- WHAT YOU HAVE TO DO
Filter by the string "sqlite": return the lines of the material that contain it.

- THE DATA
····················

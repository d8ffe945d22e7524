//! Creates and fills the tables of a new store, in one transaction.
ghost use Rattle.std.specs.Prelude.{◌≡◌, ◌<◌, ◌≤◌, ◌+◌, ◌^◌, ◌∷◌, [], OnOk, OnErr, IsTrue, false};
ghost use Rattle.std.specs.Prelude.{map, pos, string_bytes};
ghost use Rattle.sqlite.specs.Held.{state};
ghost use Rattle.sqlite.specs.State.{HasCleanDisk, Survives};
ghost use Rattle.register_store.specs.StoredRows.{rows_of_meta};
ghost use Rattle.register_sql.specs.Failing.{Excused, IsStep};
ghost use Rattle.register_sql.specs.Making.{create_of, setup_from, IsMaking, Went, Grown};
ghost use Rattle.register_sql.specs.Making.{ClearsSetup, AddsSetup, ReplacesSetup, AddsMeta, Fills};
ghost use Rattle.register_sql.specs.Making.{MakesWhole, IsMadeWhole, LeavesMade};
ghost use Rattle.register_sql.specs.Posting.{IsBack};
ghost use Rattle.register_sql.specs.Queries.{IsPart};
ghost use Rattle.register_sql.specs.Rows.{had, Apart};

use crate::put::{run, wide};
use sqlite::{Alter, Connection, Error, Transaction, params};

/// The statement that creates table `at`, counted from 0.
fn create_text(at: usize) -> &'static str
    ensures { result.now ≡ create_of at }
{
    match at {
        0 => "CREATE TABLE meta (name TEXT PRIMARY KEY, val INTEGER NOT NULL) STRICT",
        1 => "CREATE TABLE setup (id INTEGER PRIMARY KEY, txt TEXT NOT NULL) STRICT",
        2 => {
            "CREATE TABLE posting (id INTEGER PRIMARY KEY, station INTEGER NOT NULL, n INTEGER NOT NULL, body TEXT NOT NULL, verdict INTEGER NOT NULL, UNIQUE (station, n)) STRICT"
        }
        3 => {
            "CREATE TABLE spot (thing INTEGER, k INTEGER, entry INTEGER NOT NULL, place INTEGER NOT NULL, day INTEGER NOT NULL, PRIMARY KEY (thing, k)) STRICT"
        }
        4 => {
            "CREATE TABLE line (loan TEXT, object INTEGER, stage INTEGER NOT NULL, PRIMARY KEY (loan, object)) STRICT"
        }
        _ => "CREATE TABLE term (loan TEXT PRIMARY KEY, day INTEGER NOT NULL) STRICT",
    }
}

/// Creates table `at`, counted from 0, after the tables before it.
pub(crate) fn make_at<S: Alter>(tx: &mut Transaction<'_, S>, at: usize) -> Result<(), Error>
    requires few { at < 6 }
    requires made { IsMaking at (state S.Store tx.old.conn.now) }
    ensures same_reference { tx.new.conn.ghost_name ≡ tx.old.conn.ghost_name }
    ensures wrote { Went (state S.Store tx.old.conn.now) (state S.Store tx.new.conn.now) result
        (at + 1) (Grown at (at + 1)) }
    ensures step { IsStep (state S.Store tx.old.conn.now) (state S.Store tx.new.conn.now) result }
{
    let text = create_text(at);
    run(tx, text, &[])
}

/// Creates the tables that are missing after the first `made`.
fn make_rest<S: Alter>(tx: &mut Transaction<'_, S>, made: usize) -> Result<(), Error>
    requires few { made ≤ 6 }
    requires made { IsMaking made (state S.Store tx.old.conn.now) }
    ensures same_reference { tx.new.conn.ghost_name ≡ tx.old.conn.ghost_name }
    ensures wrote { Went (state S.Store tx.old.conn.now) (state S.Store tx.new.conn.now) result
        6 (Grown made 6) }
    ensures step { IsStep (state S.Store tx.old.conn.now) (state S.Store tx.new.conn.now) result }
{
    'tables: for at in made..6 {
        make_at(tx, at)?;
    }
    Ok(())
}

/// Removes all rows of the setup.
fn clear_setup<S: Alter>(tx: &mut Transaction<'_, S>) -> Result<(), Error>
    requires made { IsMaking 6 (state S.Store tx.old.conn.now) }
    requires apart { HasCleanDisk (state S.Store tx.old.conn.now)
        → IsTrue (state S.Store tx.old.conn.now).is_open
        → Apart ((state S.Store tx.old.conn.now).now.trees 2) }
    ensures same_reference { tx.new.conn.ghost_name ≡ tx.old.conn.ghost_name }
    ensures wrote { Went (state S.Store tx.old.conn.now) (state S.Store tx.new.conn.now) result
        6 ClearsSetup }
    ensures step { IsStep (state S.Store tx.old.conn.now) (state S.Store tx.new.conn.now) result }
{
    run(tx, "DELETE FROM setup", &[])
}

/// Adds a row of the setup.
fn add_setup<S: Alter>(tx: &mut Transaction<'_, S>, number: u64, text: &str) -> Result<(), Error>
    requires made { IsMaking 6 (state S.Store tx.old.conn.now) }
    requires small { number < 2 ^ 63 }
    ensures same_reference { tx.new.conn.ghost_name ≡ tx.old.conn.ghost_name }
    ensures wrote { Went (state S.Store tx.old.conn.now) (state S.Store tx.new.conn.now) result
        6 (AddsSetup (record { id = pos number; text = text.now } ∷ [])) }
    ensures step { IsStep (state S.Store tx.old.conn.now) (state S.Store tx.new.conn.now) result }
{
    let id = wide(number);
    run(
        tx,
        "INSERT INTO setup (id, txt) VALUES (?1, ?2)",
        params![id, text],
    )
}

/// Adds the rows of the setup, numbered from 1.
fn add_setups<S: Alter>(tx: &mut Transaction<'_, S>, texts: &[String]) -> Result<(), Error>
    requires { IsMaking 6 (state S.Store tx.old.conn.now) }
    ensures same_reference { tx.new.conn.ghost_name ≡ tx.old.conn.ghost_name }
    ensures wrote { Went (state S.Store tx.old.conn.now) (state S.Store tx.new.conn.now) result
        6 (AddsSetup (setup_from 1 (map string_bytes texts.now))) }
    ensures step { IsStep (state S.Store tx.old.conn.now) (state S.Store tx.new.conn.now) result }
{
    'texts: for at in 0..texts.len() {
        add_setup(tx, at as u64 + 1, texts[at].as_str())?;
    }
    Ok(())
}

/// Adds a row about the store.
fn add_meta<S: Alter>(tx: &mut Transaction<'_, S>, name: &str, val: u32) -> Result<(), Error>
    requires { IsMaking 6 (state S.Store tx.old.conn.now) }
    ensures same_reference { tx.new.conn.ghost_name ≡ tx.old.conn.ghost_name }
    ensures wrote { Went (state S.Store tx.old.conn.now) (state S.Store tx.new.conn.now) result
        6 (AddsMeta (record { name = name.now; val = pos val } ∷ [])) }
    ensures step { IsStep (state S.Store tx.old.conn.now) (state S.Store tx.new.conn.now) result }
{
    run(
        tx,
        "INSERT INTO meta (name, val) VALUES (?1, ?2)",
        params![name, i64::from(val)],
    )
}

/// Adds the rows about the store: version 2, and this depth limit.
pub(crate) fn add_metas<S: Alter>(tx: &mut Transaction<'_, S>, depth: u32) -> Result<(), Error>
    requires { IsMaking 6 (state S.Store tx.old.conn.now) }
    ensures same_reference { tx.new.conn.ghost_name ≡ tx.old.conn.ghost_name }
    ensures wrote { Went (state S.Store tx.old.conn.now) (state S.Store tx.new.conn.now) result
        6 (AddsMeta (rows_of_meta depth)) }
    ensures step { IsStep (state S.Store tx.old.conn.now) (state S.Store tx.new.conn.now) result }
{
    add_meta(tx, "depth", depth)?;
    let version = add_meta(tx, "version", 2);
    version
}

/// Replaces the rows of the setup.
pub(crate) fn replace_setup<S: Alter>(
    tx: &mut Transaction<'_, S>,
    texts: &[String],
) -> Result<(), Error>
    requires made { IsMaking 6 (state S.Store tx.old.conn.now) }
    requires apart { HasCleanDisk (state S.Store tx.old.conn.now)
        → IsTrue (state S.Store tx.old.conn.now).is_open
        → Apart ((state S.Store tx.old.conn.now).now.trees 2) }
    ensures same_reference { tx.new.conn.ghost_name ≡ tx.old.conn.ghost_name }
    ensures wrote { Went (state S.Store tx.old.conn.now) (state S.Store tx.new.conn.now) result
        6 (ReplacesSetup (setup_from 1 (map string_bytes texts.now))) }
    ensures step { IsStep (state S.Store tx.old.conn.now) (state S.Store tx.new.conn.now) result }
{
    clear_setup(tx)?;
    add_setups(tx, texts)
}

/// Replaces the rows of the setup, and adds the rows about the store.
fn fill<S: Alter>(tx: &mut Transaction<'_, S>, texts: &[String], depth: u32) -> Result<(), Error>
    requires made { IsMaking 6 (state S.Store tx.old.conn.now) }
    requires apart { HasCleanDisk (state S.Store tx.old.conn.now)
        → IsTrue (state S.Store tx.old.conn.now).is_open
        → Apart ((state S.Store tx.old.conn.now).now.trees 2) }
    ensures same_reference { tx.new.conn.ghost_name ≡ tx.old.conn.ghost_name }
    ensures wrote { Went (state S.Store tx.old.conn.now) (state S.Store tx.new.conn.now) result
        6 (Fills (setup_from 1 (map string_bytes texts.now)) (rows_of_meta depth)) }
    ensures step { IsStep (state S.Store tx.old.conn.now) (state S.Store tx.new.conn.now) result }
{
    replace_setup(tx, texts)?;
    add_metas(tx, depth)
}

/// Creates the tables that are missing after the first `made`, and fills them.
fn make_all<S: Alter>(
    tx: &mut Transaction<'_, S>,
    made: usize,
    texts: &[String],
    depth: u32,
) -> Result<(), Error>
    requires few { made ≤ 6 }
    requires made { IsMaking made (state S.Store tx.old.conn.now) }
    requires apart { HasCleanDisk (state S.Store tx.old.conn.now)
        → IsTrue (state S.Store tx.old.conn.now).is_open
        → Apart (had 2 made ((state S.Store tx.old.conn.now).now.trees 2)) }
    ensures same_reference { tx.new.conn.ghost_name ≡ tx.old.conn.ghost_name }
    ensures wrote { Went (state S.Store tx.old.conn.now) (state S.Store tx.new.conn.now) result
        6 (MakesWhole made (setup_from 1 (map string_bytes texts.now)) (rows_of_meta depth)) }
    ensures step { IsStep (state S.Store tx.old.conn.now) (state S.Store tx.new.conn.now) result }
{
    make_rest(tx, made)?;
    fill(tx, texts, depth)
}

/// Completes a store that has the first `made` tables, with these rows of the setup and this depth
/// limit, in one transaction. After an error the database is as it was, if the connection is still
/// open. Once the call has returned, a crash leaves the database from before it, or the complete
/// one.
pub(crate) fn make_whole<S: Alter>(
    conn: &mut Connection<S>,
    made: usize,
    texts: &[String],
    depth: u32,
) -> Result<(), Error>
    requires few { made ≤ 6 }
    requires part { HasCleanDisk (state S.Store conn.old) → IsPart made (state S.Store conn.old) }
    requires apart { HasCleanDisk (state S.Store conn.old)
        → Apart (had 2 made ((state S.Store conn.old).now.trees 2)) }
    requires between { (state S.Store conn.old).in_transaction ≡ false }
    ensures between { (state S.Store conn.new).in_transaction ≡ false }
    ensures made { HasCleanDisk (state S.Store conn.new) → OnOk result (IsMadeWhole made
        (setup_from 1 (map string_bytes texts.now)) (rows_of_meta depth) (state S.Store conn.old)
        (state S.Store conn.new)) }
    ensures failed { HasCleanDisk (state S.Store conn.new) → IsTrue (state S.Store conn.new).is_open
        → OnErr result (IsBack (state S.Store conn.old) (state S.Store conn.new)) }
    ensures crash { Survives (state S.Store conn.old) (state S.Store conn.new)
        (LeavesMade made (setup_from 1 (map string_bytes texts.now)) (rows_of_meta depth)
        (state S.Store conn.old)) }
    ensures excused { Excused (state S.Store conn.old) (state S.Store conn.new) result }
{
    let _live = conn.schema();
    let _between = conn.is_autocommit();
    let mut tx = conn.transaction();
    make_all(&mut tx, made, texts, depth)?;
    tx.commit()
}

····················

- RESPONSE TO THE EXERCISE
ghost use Rattle.sqlite.specs.Held.{state};
ghost use Rattle.sqlite.specs.State.{HasCleanDisk, Survives};
use sqlite::{Alter, Connection, Error, Transaction, params};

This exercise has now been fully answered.